I write on a lovely October day, just back from walking William the dog in Forest Park, two miles from the Springfield College campus. We head there almost every day, and this morning the glinting shafts of sunlight illuminated the autumn woods in a gorgeous way. A light breeze dislodged some golden leaves that came sailing down to earth in graceful arcs.
I thought back to mid-May—nature’s first green—when the swelling buds burst into supple leaves with dangling catkins.
It was time for graduation, an event I have come to love at Springfield College. I revel in the ritual, every pomp, every circumstance, the turning of the tassel, the flinging of the mortarboards, the inevitable speech about commencement being both an end and a beginning. It’s a cliché, and I rail against clichés, but I’m a sucker for that one. Gets me every time.
It is hard to say goodbye to these students—Springfield College students. There is just something about them, year after year after year. We draw people with good hearts. People who seek a better world, and are willing to sweat for it. You can’t help getting close. They have allowed me to hold fast to hope. They have helped my constitutional optimism win its daily battle with my constitutional fatalism.
This year there was no graduation.
It was the time of coronavirus.
2020—which sounds like perfect
vision—has been a year of blinding loss.
We lost the mighty John Lewis, who encouraged us to get into “good trouble.” We lost the seemingly indomitable Ruth Bader Ginsburg, crusader for gender
I cringed at the loss of my boyhood hero, Tom Seaver, one-time star for the Mets. When I was 8, my father took me to Game 4 of the 1969 World Series to see him pitch. We sat in the top row of Shea Stadium, jam-packed with 57,000 fans. It was by far the biggest gathering of humanity I had ever seen.
As I write, our country has lost almost four times that many to COVID-19. By the time you read in December, it might be five times.
There was the horror of the 8 minutes and 46 seconds that snuffed out the life of George Floyd. The barging in on Breonna Taylor, a noble life cut down. And sweet Elijah McClain, the vegetarian who wouldn’t kill a fly, the one who spent his lunch break playing violin for shelter animals.
Right here at Springfield College, we lost Dennis Gildea, the man who designed the communications/sports journalism major, and hired me to start on Day One in 1999.

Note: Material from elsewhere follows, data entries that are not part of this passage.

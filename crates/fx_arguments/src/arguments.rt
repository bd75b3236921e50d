//! The arguments of a command line.
ghost use Rattle.std.specs.Prelude.{◌≡◌, Ok, Some, codes, drop, option_map};
ghost use Rattle.clap.specs.Words.{first_of, found_of, rows_of};
ghost use Rattle.fx_fixed.specs.Chain.{GivesUnless, wanted};
ghost use Rattle.fx_arguments.specs.Arguments.{asked_for, characters_by, choice_by, dropout_by, dump_by, face_by, glyph_by, is_command};
ghost use Rattle.fx_arguments.specs.Arguments.{is_careful, is_given, make_by, manner_by, mode_by, one_way, program_by, refused_by, size_by, texts, trace_by, traced_by};
ghost use Rattle.fx_arguments.specs.CommandLine.{command_by, command_of, command_of_explain};
ghost use Rattle.fx_arguments.specs.Commands.{Refuses, seen, seen_characters, seen_task};
ghost use Rattle.fx_arguments.specs.Wrong.{Reads, not_taken};

use crate::chars::{number, parse_chars};
use crate::command::{CharacterChoice, Command, Make, Show, Task, Trace};
use crate::fault::Fault;
use crate::mistakes::explain;
use crate::properties::properties_by;
use crate::values::{face_of, is_given, matches, size_of, value, values};
use crate::verb::{Verb, verb_of};
use crate::wrong::Wrong;
use clap::ArgMatches;
use fx_machine::FontProgram;
use fx_request::{Choice, Dropout, Mode, OnRefused, Refusal, TraceSubject};
use std::alloc::Global;

/// Reads the arguments of a command line, the program's name first.
pub fn read_arguments<'a>(alloc: Global, arguments: &'a [&'a str]) -> Result<Command<'a>, Fault>
    ensures { GivesUnless Refuses seen result (command_of (texts arguments.entry.now)) }
{
    let words = arguments.get(1..).unwrap_or(&[]);
    match verb_of(words) {
        Some(verb) => read_values(alloc, verb, words),
        None if is_command("explain", words) => read_explain(alloc, words),
        None => Err(Fault::Usage),
    }
}

/// Whether the first word is this one.
pub fn is_command(name: &str, words: &[&str]) -> bool
    ensures { result ≡ is_command name.now (texts words.now) }
{
    match words.first() {
        Some(word) => *word == name,
        None => false,
    }
}

/// Reads the words from the name of a command with options on.
#[tactic(auto, using(crate::proofs::Options::read_steps))]
fn read_values<'a>(alloc: Global, verb: Verb, words: &'a [&'a str]) -> Result<Command<'a>, Fault>
    ensures { GivesUnless Refuses seen result (command_by (Some verb) (texts words.entry.now)) }
{
    let matches = matches(alloc, verb, words)?;
    match asked_for(alloc, verb, &matches) {
        Ok(command) => Ok(command),
        Err(Wrong::Refused(refusal)) => Err(Fault::Early(refusal)),
        Err(Wrong::Says(_) | Wrong::NotTaken(..)) => Err(Fault::Usage),
    }
}

/// Reads the words from `explain` on.
fn read_explain<'a>(alloc: Global, words: &[&'a str]) -> Result<Command<'a>, Fault>
    ensures { GivesUnless Refuses seen result (Ok (command_of_explain (drop 1 (texts words.now)))) }
{
    let line = explain(alloc, words.get(1..).unwrap_or(&[]))?;
    Ok(Command {
        task: Task::Explanation(line),
        face: 0,
        hex: false,
    })
}

/// What the values of a command's options ask for.
pub fn asked_for<'a>(
    alloc: Global,
    verb: Verb,
    matches: &ArgMatches<'a>,
) -> Result<Command<'a>, Wrong<'a>>
    ensures { Reads seen result (asked_for verb (rows_of (found_of matches.now))) }
{
    match verb {
        Verb::Make => make_of(alloc, matches),
        Verb::Show => glyph_of(matches, false),
        Verb::Outline => glyph_of(matches, true),
        Verb::Dump => dump_of(matches),
        Verb::Trace => trace_of(matches),
        Verb::Faces => Ok(command_for(matches, 0, Task::Faces)),
    }
}

/// The value of an option, or what the option takes if a text has none.
fn taken<'a, T: Copy>(value: Option<T>, takes: &'a str, text: &'a str) -> Result<T, Wrong<'a>>
    ensures { Reads (λ x. x) result (wanted value (not_taken takes.entry.now text.entry.now)) }
{
    match value {
        Some(value) => Ok(value),
        None => Err(Wrong::NotTaken(takes, text)),
    }
}

/// A size that is required.
fn size_by<'a>(matches: &ArgMatches<'a>) -> Result<u16, Wrong<'a>>
    ensures { Reads (λ size. size) result (size_by (first_of (codes "ppem") (rows_of (found_of matches.now)))) }
{
    match value(matches, "ppem") {
        Some(text) => {
            let takes = "--ppem takes a whole number from 1 to 1024";
            taken(size_of(text), takes, text)
        }
        None => Err(Wrong::Says("--ppem is missing")),
    }
}

/// The number of a face; 0 if it is not given.
fn face_by<'a>(matches: &ArgMatches<'a>) -> Result<u32, Wrong<'a>>
    ensures { Reads (λ face. face) result (face_by (first_of (codes "face") (rows_of (found_of matches.now)))) }
{
    match value(matches, "face") {
        Some(text) => {
            let takes = "--face takes a whole number, counted from 0";
            taken(face_of(text), takes, text)
        }
        None => Ok(0),
    }
}

/// Which pixels drop-out control sets; none if it is not given.
fn dropout_by(name: Option<&str>) -> Result<Dropout, Wrong<'_>>
    ensures { Reads (λ dropout. dropout) result (dropout_by (option_map (λ name. name.now) name.entry)) }
{
    match name {
        None => Ok(Dropout::Off),
        Some("left") => Ok(Dropout::Left),
        Some("near") => Ok(Dropout::Near),
        Some("font") => Ok(Dropout::Font),
        Some(name) => Err(Wrong::NotTaken("--dropout takes left, near or font", name)),
    }
}

/// Whether a character that takes too much work is refused.
fn is_careful(matches: &ArgMatches<'_>) -> bool
    ensures { result ≡ is_careful (rows_of (found_of matches.now)) }
{
    is_given(matches, "careful")
}

/// How outlines become pixels, by the options of `make`, `show` and `outline`.
fn mode_of<'a>(matches: &ArgMatches<'a>) -> Result<Mode, Wrong<'a>>
    ensures { Reads (λ mode. mode) result (mode_by (rows_of (found_of matches.now))) }
{
    let dropout = dropout_by(value(matches, "dropout"))?;
    Ok(Mode {
        hinting: !is_given(matches, "unhinted"),
        dropout,
        careful: is_careful(matches),
    })
}

/// What becomes of refused characters, by its name; if none is given, the first one refuses the strike.
fn refused_by(name: Option<&str>) -> Result<OnRefused, Wrong<'_>>
    ensures { Reads (λ refused. refused) result (refused_by (option_map (λ name. name.now) name.entry)) }
{
    match name {
        None | Some("stop") => Ok(OnRefused::Stop),
        Some("leave-out") => Ok(OnRefused::LeaveOut),
        Some("unhinted") => Ok(OnRefused::Unhinted),
        Some(name) => Err(Wrong::NotTaken("--refused takes stop, leave-out or unhinted", name)),
    }
}

/// Characters are asked for by a list, or all of the font's map by a flag, and not both.
fn one_way<'a>(is_all: bool, list: Option<&str>) -> Result<(), Wrong<'a>>
    ensures { Reads (λ u. u) result (one_way is_all (option_map (λ list. list.now) list.entry)) }
{
    match (is_all, list) {
        (true, None) | (false, Some(_)) => Ok(()),
        (true, Some(_)) => Err(Wrong::Says("--chars and --all can't be given together")),
        (false, None) => Err(Wrong::Says("--chars or --all is missing")),
    }
}

/// The characters of a list; without one all of the font's map.
fn characters_by<'a>(alloc: Global, list: Option<&str>) -> Result<CharacterChoice, Wrong<'a>>
    ensures { Reads seen_characters result (characters_by (option_map (λ list. list.now) list.entry)) }
{
    match list {
        Some(list) => {
            let chars = parse_chars(alloc, list)?;
            Ok(CharacterChoice::Listed(chars))
        }
        None => Ok(CharacterChoice::All),
    }
}

/// What becomes of refused characters, the number of the face, and how outlines become pixels.
fn manner_of<'a>(matches: &ArgMatches<'a>) -> Result<(OnRefused, u32, Mode), Wrong<'a>>
    ensures { Reads (λ manner. manner) result (manner_by (rows_of (found_of matches.now))) }
{
    let on_refused = refused_by(value(matches, "refused"))?;
    let face = face_by(matches)?;
    let mode = mode_of(matches)?;
    Ok((on_refused, face, mode))
}

/// What the values of `make` ask for: the size is required, and a list of characters or `--all`.
fn make_of<'a>(alloc: Global, matches: &ArgMatches<'a>) -> Result<Command<'a>, Wrong<'a>>
    ensures { Reads seen result (make_by (rows_of (found_of matches.now))) }
{
    let ppem = size_by(matches)?;
    let list = value(matches, "chars");
    one_way(is_given(matches, "all"), list)?;
    let properties = properties_by(alloc, values(matches, "property").unwrap_or(&[]))?;
    let (on_refused, face, mode) = manner_of(matches)?;
    let chars = characters_by(alloc, list)?;
    let make = Make {
        ppem,
        chars,
        name: value(matches, "name").unwrap_or("strike"),
        properties,
        x11: is_given(matches, "x11"),
        mode,
        on_refused,
    };
    Ok(command_for(matches, face, Task::Strike(make)))
}

/// A command with this task and face. The file is hexadecimal text if `--hex` is given.
fn command_for<'a>(matches: &ArgMatches<'a>, face: u32, task: Task<'a>) -> Command<'a>
    ensures { seen result ≡ record {
      task = seen_task task.entry;
      face = face;
      hex = is_given (codes "hex") (rows_of (found_of matches.now));
    } }
{
    Command {
        task,
        face,
        hex: is_given(matches, "hex"),
    }
}

/// How a glyph is chosen: by a character or by its number, and not by both.
fn choice_of<'a>(character: Option<&str>, glyph: Option<&'a str>) -> Result<Choice, Wrong<'a>>
    ensures { Reads (λ choice. choice) result
        (choice_by (option_map (λ text. text.now) character.entry) (option_map (λ text. text.now) glyph.entry)) }
{
    match (character, glyph) {
        (Some(character), None) => match number(character) {
            Some(code) => Ok(Choice::Character(code)),
            None => Err(Wrong::Refused(Refusal::BadChars)),
        },
        (None, Some(glyph)) => {
            let takes = "--glyph takes a whole number from 0 to 65535";
            Ok(Choice::Number(taken(size_of(glyph), takes, glyph)?))
        }
        (None, None) => Err(Wrong::Says("--char or --glyph is missing")),
        (Some(_), Some(_)) => Err(Wrong::Says("--char and --glyph can't be given together")),
    }
}

/// What the values of `show` or `outline` ask for: the size and the choice are required.
fn glyph_of<'a>(matches: &ArgMatches<'a>, is_outline: bool) -> Result<Command<'a>, Wrong<'a>>
    ensures { Reads seen result (glyph_by is_outline (rows_of (found_of matches.now))) }
{
    let face = face_by(matches)?;
    let ppem = size_by(matches)?;
    let mode = mode_of(matches)?;
    let choice = choice_of(value(matches, "char"), value(matches, "glyph"))?;
    let show = Show { ppem, choice, mode };
    let task = if is_outline {
        Task::Outline(show)
    } else {
        Task::Picture(show)
    };
    Ok(command_for(matches, face, task))
}

/// A program by its name: `fpgm`, `prep`, or the number of a glyph.
fn program_by(name: &str) -> Result<FontProgram, Wrong<'_>>
    ensures { Reads (λ program. program) result (program_by name.entry.now) }
{
    match name {
        "fpgm" => Ok(FontProgram::Fpgm),
        "prep" => Ok(FontProgram::Prep),
        _ => {
            let takes = "--of takes fpgm, prep or the number of a glyph";
            Ok(FontProgram::Glyph(taken(size_of(name), takes, name)?))
        }
    }
}

/// What the values of `dump` ask for: the name of the program is required.
fn dump_of<'a>(matches: &ArgMatches<'a>) -> Result<Command<'a>, Wrong<'a>>
    ensures { Reads seen result (dump_by (rows_of (found_of matches.now))) }
{
    let name = value(matches, "of").ok_or(Wrong::Says("--of is missing"))?;
    let what = program_by(name)?;
    let face = face_by(matches)?;
    Ok(command_for(matches, face, Task::Listing(what)))
}

/// What the values of `trace` ask for: the size and what is traced are required.
fn trace_of<'a>(matches: &ArgMatches<'a>) -> Result<Command<'a>, Wrong<'a>>
    ensures { Reads seen result (trace_by (rows_of (found_of matches.now))) }
{
    let face = face_by(matches)?;
    let ppem = size_by(matches)?;
    let traced = traced_of(
        value(matches, "char"),
        value(matches, "glyph"),
        value(matches, "of"),
    )?;
    let careful = is_careful(matches);
    let trace = Trace {
        ppem,
        traced,
        careful,
    };
    Ok(command_for(matches, face, Task::Trace(trace)))
}

/// What is traced: a glyph, or a program by its name, and not both.
fn traced_of<'a>(
    character: Option<&str>,
    glyph: Option<&'a str>,
    name: Option<&'a str>,
) -> Result<TraceSubject, Wrong<'a>>
    ensures { Reads (λ traced. traced) result (traced_by (option_map (λ text. text.now) character.entry)
        (option_map (λ text. text.now) glyph.entry) (option_map (λ text. text.now) name.entry)) }
{
    match (character, glyph, name) {
        (None, None, None) => Err(Wrong::Says("--char, --glyph or --of is missing")),
        (character, glyph, None) => Ok(TraceSubject::Glyph(choice_of(character, glyph)?)),
        (None, None, Some(name)) => Ok(TraceSubject::Program(program_by(name)?)),
        _ => Err(Wrong::Says("--of can't be given with --char or --glyph")),
    }
}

Our current seniors were mostly born that year. It was the last year of the last century, a year of fears surrounding something called Y2K. 1999 was the beginning of their journey, and in a sense, the beginning of mine, arriving at Alden Street at age 38.
It is a fascinating place to age. Each year, I get older, surrounded by people 18-22. And not just any 18-22: Springfield College 18-22. My beard gets grayer, my scalp more visible. They go to the gym.
At year’s end, God willing, I’ll turn 60.
I have loved my time at Springfield College. The weeks have flown. I have never concerned myself with “Hump Day” or “TGIF,” never wanted to wish precious time away.
Still, I won’t grieve as we turn the calendar page. 2021 will have a huge amount of hard, but at this point we are scheduled to have two graduations.
The miracle of green.
A slew of new beginnings.
Mortar boards flying all over the place.